> _DATA FOR ANALYSIS_
######

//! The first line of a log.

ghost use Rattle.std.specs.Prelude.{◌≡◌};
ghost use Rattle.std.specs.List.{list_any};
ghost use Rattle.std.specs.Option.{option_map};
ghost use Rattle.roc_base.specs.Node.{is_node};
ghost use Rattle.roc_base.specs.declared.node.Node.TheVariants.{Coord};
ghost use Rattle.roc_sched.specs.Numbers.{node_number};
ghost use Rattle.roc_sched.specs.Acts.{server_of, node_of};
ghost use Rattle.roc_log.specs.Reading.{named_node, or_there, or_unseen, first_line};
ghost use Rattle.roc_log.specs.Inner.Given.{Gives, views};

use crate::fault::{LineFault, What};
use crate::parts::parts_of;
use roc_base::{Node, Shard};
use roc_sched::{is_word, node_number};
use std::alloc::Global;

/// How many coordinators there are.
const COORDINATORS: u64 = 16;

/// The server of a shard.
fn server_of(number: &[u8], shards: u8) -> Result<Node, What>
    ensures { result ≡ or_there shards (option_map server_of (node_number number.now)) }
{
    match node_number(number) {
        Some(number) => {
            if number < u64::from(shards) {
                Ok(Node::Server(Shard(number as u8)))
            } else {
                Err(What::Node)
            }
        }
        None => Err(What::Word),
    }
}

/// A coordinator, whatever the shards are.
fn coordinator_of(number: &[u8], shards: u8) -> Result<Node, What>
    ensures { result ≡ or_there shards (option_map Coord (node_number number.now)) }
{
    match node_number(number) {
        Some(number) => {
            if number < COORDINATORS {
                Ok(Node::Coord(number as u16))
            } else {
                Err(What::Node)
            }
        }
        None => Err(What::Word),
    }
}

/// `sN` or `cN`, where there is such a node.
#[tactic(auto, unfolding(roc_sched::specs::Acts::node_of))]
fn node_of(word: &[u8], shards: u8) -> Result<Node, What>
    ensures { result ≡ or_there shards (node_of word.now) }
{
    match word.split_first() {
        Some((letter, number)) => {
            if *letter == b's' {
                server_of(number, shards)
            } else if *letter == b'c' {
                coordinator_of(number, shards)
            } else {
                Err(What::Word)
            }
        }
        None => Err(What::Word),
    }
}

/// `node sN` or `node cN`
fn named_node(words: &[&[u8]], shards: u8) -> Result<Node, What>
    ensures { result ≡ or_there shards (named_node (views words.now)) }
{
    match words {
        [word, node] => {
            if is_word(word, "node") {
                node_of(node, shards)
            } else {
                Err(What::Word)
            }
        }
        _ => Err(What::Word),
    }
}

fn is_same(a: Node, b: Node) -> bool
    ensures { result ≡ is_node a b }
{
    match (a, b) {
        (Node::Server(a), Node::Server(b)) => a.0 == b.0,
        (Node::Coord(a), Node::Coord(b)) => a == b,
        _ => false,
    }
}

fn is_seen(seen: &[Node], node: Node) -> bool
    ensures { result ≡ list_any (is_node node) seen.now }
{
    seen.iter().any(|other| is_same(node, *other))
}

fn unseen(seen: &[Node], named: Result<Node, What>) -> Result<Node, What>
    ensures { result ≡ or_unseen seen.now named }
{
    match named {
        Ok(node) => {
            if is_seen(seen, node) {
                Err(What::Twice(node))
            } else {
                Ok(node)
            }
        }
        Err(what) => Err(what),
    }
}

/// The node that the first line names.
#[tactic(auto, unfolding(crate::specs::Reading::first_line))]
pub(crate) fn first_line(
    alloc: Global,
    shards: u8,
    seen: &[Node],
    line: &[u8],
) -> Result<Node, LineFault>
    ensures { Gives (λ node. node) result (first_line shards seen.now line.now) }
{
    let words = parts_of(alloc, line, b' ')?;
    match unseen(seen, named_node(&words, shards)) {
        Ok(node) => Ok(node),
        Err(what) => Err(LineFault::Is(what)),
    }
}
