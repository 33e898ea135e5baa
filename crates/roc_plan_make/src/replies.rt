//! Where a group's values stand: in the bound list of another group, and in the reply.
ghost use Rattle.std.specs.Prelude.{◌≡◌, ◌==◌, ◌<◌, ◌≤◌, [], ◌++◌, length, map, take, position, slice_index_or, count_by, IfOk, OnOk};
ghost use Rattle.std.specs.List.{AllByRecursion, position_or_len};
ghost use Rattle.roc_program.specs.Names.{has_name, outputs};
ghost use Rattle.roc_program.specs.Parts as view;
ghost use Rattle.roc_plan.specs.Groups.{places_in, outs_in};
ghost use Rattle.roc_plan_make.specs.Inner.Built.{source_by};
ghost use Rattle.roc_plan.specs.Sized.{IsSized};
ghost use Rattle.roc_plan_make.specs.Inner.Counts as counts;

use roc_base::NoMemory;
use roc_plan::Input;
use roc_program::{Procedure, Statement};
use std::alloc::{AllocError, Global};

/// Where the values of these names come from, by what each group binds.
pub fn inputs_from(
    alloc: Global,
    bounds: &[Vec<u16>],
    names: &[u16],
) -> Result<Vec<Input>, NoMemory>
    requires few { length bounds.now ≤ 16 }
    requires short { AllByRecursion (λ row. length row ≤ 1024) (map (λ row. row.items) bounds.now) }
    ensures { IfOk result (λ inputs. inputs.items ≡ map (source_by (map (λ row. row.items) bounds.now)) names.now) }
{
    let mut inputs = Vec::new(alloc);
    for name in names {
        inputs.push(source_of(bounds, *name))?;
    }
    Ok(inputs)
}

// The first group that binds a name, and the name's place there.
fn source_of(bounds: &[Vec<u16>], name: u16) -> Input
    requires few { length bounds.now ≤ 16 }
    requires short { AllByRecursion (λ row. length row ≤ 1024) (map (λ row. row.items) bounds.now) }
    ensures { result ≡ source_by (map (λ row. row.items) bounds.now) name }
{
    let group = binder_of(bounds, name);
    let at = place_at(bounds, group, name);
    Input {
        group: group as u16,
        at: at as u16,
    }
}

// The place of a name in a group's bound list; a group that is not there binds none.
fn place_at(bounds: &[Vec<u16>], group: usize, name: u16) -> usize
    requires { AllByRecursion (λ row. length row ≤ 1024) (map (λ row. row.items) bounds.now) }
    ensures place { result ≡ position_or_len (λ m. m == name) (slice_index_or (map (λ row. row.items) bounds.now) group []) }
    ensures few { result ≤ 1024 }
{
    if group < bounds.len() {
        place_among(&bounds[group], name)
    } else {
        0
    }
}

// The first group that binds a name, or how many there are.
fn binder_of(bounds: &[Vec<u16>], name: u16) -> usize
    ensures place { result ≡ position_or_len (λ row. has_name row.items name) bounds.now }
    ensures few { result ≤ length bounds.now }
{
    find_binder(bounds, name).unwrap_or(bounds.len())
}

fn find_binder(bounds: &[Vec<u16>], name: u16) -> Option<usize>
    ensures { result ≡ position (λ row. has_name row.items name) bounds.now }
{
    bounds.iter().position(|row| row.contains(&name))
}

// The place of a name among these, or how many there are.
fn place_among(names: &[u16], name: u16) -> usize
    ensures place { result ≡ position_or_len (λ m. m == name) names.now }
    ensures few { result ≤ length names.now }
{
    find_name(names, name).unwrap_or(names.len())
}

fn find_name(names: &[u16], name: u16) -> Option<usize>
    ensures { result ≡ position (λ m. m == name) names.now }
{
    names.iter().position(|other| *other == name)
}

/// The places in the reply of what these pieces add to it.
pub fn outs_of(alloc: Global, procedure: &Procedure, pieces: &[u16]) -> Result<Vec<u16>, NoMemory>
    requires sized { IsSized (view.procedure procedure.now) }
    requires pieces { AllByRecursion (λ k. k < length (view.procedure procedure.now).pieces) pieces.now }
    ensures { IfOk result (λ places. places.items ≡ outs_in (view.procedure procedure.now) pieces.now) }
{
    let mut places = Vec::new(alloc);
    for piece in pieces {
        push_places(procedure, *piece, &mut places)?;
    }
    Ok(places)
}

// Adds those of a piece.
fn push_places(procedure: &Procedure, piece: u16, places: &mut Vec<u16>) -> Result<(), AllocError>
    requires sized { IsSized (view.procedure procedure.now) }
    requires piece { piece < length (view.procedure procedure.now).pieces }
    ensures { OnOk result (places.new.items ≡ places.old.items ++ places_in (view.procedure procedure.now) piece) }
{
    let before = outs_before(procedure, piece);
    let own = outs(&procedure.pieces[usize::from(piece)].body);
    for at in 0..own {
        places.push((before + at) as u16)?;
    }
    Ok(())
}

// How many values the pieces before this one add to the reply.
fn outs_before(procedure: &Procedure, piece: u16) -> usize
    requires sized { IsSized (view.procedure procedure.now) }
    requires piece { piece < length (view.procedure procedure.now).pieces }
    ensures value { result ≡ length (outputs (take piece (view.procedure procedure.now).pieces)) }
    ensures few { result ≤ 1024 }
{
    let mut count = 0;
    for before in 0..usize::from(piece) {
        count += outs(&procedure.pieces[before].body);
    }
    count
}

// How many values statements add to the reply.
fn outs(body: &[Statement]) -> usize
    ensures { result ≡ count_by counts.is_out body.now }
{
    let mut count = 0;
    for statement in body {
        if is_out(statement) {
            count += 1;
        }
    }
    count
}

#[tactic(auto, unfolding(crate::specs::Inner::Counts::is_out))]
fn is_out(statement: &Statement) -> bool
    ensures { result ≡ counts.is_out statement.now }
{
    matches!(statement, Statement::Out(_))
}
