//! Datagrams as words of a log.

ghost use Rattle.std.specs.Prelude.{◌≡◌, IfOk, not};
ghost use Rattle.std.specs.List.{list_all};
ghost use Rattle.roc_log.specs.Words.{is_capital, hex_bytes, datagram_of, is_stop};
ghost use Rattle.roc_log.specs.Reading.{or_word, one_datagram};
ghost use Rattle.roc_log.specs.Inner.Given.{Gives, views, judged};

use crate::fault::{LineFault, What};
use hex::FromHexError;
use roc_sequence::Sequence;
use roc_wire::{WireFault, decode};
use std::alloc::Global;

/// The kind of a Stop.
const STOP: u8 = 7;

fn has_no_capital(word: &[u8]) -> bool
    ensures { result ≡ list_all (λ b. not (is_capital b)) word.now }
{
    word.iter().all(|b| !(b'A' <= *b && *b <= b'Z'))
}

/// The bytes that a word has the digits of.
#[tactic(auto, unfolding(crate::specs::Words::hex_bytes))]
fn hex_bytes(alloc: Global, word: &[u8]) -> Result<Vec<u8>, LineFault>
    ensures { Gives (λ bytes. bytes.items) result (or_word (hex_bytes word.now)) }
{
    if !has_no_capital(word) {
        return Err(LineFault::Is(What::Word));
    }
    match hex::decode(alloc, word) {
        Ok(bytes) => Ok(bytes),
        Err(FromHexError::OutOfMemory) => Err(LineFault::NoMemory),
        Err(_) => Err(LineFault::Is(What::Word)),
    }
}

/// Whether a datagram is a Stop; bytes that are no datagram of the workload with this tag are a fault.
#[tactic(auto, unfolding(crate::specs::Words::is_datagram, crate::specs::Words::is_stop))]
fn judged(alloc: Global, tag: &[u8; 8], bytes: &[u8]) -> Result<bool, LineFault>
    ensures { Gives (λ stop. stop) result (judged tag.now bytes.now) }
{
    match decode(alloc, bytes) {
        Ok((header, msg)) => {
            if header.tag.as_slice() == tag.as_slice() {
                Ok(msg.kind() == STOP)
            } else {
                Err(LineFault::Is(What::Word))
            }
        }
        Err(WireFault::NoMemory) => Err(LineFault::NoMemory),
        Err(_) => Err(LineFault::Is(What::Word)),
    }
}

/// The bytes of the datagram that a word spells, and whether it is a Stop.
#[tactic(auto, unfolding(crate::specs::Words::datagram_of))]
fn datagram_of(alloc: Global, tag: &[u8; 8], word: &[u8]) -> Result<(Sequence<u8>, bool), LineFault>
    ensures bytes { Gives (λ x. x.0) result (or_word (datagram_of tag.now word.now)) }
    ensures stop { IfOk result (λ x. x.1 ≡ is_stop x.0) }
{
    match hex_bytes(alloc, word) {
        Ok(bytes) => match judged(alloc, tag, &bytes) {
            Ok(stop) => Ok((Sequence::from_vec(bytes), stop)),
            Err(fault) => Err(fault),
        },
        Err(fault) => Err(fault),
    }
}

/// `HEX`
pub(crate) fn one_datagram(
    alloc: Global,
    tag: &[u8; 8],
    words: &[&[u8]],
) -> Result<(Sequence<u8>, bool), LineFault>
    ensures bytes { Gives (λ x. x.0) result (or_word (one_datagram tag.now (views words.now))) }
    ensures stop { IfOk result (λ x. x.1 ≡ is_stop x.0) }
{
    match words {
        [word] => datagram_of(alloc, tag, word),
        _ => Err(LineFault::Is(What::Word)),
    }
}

######

> _TASK DIRECTIONS_
How many lines of the listing above carry the string "outputs"? Report that number with no other text.

> _SOLUTION FOR THIS PROBLEM_
2